%%
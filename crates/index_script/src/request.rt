//! What a line of a script asks for.

ghost use Rattle.std.specs.Prelude.{◌≡◌, ◌++◌, ◌∷◌, List, ℕ, IfOk, IfErr, IfSome, IfNone, codes};
ghost use Rattle.std.specs.Fmt.{decimal};
ghost use Rattle.std.specs.Option.{option_copied};
ghost use Rattle.index_script.specs.Lines.{Lacks, kept};
ghost use Rattle.index_script.specs.Replies.{word_of};
ghost use Rattle.index_script.specs.Requests.{AreTwo, Asks, IsSmall, IsUnfit, LineAsksFor, WithBounds, WithNumber, WithRange, WithTwo, WithValue, bound_text};

use crate::words::{bound, number, split_word};
use local_index::Text;
use std::alloc::{AllocError, Global};
use std::ops::Bound;
use std::str;

/// What is wrong with a line, in the order in which it is decided.
#[derive(Clone, Copy, Debug, PartialEq, Eq)]
pub enum Fault {
    /// It has more than 65,536 bytes.
    Long,
    /// It isn't UTF-8.
    Text,
    /// Its first word is unknown.
    Command,
    /// It has another number of words than belong to the first.
    Words,
    /// A word that is to be a number isn't.
    Number,
    /// A word that is to be a bound isn't.
    Bound,
    /// Its label has no session.
    Session,
    /// Its label has a session already.
    Busy,
}

impl Fault {
    /// The word for it in a reply.
    pub fn word(self) -> &'static str
        ensures { result.now ≡ word_of self }
    {
        match self {
            Fault::Long => "long",
            Fault::Text => "text",
            Fault::Command => "command",
            Fault::Words => "words",
            Fault::Number => "number",
            Fault::Bound => "bound",
            Fault::Session => "session",
            Fault::Busy => "busy",
        }
    }
}

/// What a line asks for.
#[derive(Drop)]
pub enum Request {
    /// To stage an insert of this key and this value.
    Insert(u64, Text),
    /// To stage an upsert of this key and this value.
    Upsert(u64, Text),
    /// To stage a removal of this key.
    Remove(u64),
    /// To stage the removal of the keys within these bounds, of which the lower comes first.
    Delete(Bound<u64>, Bound<u64>),
    /// To stage the removal of all keys.
    Clear,
    /// To drop what is staged.
    Discard,
    /// To commit what is staged, on the reads of the session with this label or on none.
    Commit(Option<u64>),
    /// To open a session under this label.
    Open(u64),
    /// To read this key by the session with this label, which comes first.
    Get(u64, u64),
    /// To say whether a key is there, by the session with the label, which comes first.
    Has(u64, u64),
    /// To read the pairs within these bounds by the session with this label.
    Range(u64, Bound<u64>, Bound<u64>),
    /// To read the pair with a key or the nearest ones, by the session with the label, which comes
    /// first.
    Near(u64, u64),
    /// To audit what the session with this label read.
    Audit(u64),
    /// To close the session with this label.
    Close(u64),
    /// To say how many pairs the session with this label reads.
    Len(u64),
    /// To say the number of the session with this label.
    Number(u64),
    /// To reclaim slots.
    Reclaim,
    /// To say how many slots are in use.
    Slots,
    /// To make the list of this number the base.
    Checkpoint(u64),
    /// Nothing: the line is at fault.
    Faulty(Fault),
}

/// What a line asks for, by its bytes, or by none where it is longer than it may be.
pub fn read_line(alloc: Global, line: Option<&[u8]>) -> Result<Request, AllocError>
    ensures { IfOk result (λ request. (whole : List ℕ) → option_copied line.entry ≡ kept whole → LineAsksFor whole request) }
{
    let Some(bytes) = line else {
        return Ok(Request::Faulty(Fault::Long));
    };
    let Ok(text) = str::from_utf8(bytes) else {
        return Ok(Request::Faulty(Fault::Text));
    };
    let request = read_text(alloc, text)?;
    Ok(request)
}

// What a text asks for.
fn read_text(alloc: Global, line: &str) -> Result<Request, AllocError>
    ensures { IfOk result (λ request. Asks line.now request) }
{
    let Some((word, rest)) = split_word(line) else {
        return Ok(bare(line));
    };
    match word {
        "insert" => insert(alloc, rest),
        "upsert" => upsert(alloc, rest),
        "remove" => Ok(remove(rest)),
        "delete" => Ok(delete(rest)),
        "commit" => Ok(commit(rest)),
        "open" => Ok(open(rest)),
        "close" => Ok(close(rest)),
        "get" => Ok(get(rest)),
        "has" => Ok(has(rest)),
        "range" => Ok(range(rest)),
        "near" => Ok(near(rest)),
        "audit" => Ok(audit(rest)),
        "len" => Ok(len(rest)),
        "number" => Ok(number_of(rest)),
        "checkpoint" => Ok(checkpoint(rest)),
        "clear" | "discard" | "reclaim" | "slots" => Ok(Request::Faulty(Fault::Words)),
        _ => Ok(Request::Faulty(Fault::Command)),
    }
}

// A line of one word.
fn bare(word: &str) -> Request
    requires { Lacks 32 word.now }
    ensures { Asks word.now result }
{
    match word {
        "clear" => Request::Clear,
        "discard" => Request::Discard,
        "reclaim" => Request::Reclaim,
        "slots" => Request::Slots,
        "insert"
        | "upsert"
        | "remove"
        | "delete"
        | "commit"
        | "open"
        | "close"
        | "get"
        | "has"
        | "range"
        | "near"
        | "audit"
        | "len"
        | "number"
        | "checkpoint" => Request::Faulty(Fault::Words),
        _ => Request::Faulty(Fault::Command),
    }
}

fn insert(alloc: Global, rest: &str) -> Result<Request, AllocError>
    ensures { IfOk result (Asks (codes "insert " ++ rest.now)) }
{
    match pair(rest) {
        Ok((key, value)) => Ok(Request::Insert(key, Text::new(alloc, value)?)),
        Err(fault) => Ok(Request::Faulty(fault)),
    }
}

fn upsert(alloc: Global, rest: &str) -> Result<Request, AllocError>
    ensures { IfOk result (Asks (codes "upsert " ++ rest.now)) }
{
    match pair(rest) {
        Ok((key, value)) => Ok(Request::Upsert(key, Text::new(alloc, value)?)),
        Err(fault) => Ok(Request::Faulty(fault)),
    }
}

fn remove(rest: &str) -> Request
    ensures { Asks (codes "remove " ++ rest.now) result }
{
    match only_number(rest) {
        Ok(key) => Request::Remove(key),
        Err(fault) => Request::Faulty(fault),
    }
}

fn commit(rest: &str) -> Request
    ensures { Asks (codes "commit " ++ rest.now) result }
{
    if rest == "-" {
        return Request::Commit(None);
    }
    match only_number(rest) {
        Ok(label) => Request::Commit(Some(label)),
        Err(fault) => Request::Faulty(fault),
    }
}

fn open(rest: &str) -> Request
    ensures { Asks (codes "open " ++ rest.now) result }
{
    match only_number(rest) {
        Ok(label) => Request::Open(label),
        Err(fault) => Request::Faulty(fault),
    }
}

fn get(rest: &str) -> Request
    ensures { Asks (codes "get " ++ rest.now) result }
{
    match two_numbers(rest) {
        Ok((label, key)) => Request::Get(label, key),
        Err(fault) => Request::Faulty(fault),
    }
}

fn has(rest: &str) -> Request
    ensures { Asks (codes "has " ++ rest.now) result }
{
    match two_numbers(rest) {
        Ok((label, key)) => Request::Has(label, key),
        Err(fault) => Request::Faulty(fault),
    }
}

fn near(rest: &str) -> Request
    ensures { Asks (codes "near " ++ rest.now) result }
{
    match two_numbers(rest) {
        Ok((label, key)) => Request::Near(label, key),
        Err(fault) => Request::Faulty(fault),
    }
}

fn range(rest: &str) -> Request
    ensures { Asks (codes "range " ++ rest.now) result }
{
    match number_and_bounds(rest) {
        Ok((label, lower, upper)) => Request::Range(label, lower, upper),
        Err(fault) => Request::Faulty(fault),
    }
}

fn delete(rest: &str) -> Request
    ensures { Asks (codes "delete " ++ rest.now) result }
{
    match two_bounds(rest) {
        Ok((lower, upper)) => Request::Delete(lower, upper),
        Err(fault) => Request::Faulty(fault),
    }
}

fn audit(rest: &str) -> Request
    ensures { Asks (codes "audit " ++ rest.now) result }
{
    match only_number(rest) {
        Ok(label) => Request::Audit(label),
        Err(fault) => Request::Faulty(fault),
    }
}

fn close(rest: &str) -> Request
    ensures { Asks (codes "close " ++ rest.now) result }
{
    match only_number(rest) {
        Ok(label) => Request::Close(label),
        Err(fault) => Request::Faulty(fault),
    }
}

fn len(rest: &str) -> Request
    ensures { Asks (codes "len " ++ rest.now) result }
{
    match only_number(rest) {
        Ok(label) => Request::Len(label),
        Err(fault) => Request::Faulty(fault),
    }
}

fn number_of(rest: &str) -> Request
    ensures { Asks (codes "number " ++ rest.now) result }
{
    match only_number(rest) {
        Ok(label) => Request::Number(label),
        Err(fault) => Request::Faulty(fault),
    }
}

fn checkpoint(rest: &str) -> Request
    ensures { Asks (codes "checkpoint " ++ rest.now) result }
{
    match only_number(rest) {
        Ok(upto) => Request::Checkpoint(upto),
        Err(fault) => Request::Faulty(fault),
    }
}

// The number that is the first word here, and the value behind it.
fn pair(rest: &str) -> Result<(u64, &str), Fault>
    ensures ok { IfOk result (λ parts. rest.now ≡ decimal parts.0 ++ 32 ∷ parts.1.now) }
    ensures err { IfErr result (IsUnfit WithValue rest.now) }
{
    let Some((key, value)) = split_word(rest) else {
        return Err(Fault::Words);
    };
    match number(key) {
        Some(key) => Ok((key, value)),
        None => Err(Fault::Number),
    }
}

// The number that is the only word here.
fn only_number(rest: &str) -> Result<u64, Fault>
    ensures ok { IfOk result (λ n. rest.now ≡ decimal n) }
    ensures err { IfErr result (IsUnfit WithNumber rest.now) }
{
    if let Some(_) = split_word(rest) {
        return Err(Fault::Words);
    }
    match number(rest) {
        Some(number) => Ok(number),
        None => Err(Fault::Number),
    }
}

// The two numbers that are the only words here.
fn two_numbers(rest: &str) -> Result<(u64, u64), Fault>
    ensures ok { IfOk result (λ parts. rest.now ≡ decimal parts.0 ++ 32 ∷ decimal parts.1) }
    ensures err { IfErr result (IsUnfit WithTwo rest.now) }
{
    let Some((one, two)) = two_words(rest) else {
        return Err(Fault::Words);
    };
    let Some(first) = number(one) else {
        return Err(Fault::Number);
    };
    match number(two) {
        Some(second) => Ok((first, second)),
        None => Err(Fault::Number),
    }
}

// The two bounds that are the only words here.
fn two_bounds(rest: &str) -> Result<(Bound<u64>, Bound<u64>), Fault>
    ensures ok { IfOk result (λ parts. IsSmall parts.0 × IsSmall parts.1 × (rest.now ≡ bound_text parts.0 ++ 32 ∷ bound_text parts.1)) }
    ensures err { IfErr result (IsUnfit WithBounds rest.now) }
{
    let Some((one, two)) = two_words(rest) else {
        return Err(Fault::Words);
    };
    let Some(lower) = bound(one) else {
        return Err(Fault::Bound);
    };
    match bound(two) {
        Some(upper) => Ok((lower, upper)),
        None => Err(Fault::Bound),
    }
}

// The number and the two bounds that are the only words here.
fn number_and_bounds(rest: &str) -> Result<(u64, Bound<u64>, Bound<u64>), Fault>
    ensures ok { IfOk result (λ parts. IsSmall parts.1 × IsSmall parts.2 × (rest.now ≡ decimal parts.0 ++ 32 ∷ bound_text parts.1 ++ 32 ∷ bound_text parts.2)) }
    ensures err { IfErr result (IsUnfit WithRange rest.now) }
{
    let Some((one, behind)) = split_word(rest) else {
        return Err(Fault::Words);
    };
    let Some((two, three)) = two_words(behind) else {
        return Err(Fault::Words);
    };
    let Some(label) = number(one) else {
        return Err(Fault::Number);
    };
    let Some(lower) = bound(two) else {
        return Err(Fault::Bound);
    };
    match bound(three) {
        Some(upper) => Ok((label, lower, upper)),
        None => Err(Fault::Bound),
    }
}

// The two words here, if there are two.
fn two_words(rest: &str) -> Option<(&str, &str)>
    ensures some { IfSome result (λ words. AreTwo rest.now words.0.now words.1.now) }
    ensures none { IfNone result ((one two : List ℕ) → AreTwo rest.now one two → ⊥) }
{
    let Some((one, two)) = split_word(rest) else {
        return None;
    };
    match split_word(two) {
        Some(_) => None,
        None => Some((one, two)),
    }
}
%%
Prompt =>
From the records above, copy every line that holds the word "decimal".

Response for this exercise =>
ghost use Rattle.std.specs.Fmt.{decimal};
    ensures ok { IfOk result (λ parts. rest.now ≡ decimal parts.0 ++ 32 ∷ parts.1.now) }
    ensures ok { IfOk result (λ n. rest.now ≡ decimal n) }
    ensures ok { IfOk result (λ parts. rest.now ≡ decimal parts.0 ++ 32 ∷ decimal parts.1) }
    ensures ok { IfOk result (λ parts. IsSmall parts.1 × IsSmall parts.2 × (rest.now ≡ decimal parts.0 ++ 32 ∷ bound_text parts.1 ++ 32 ∷ bound_text parts.2)) }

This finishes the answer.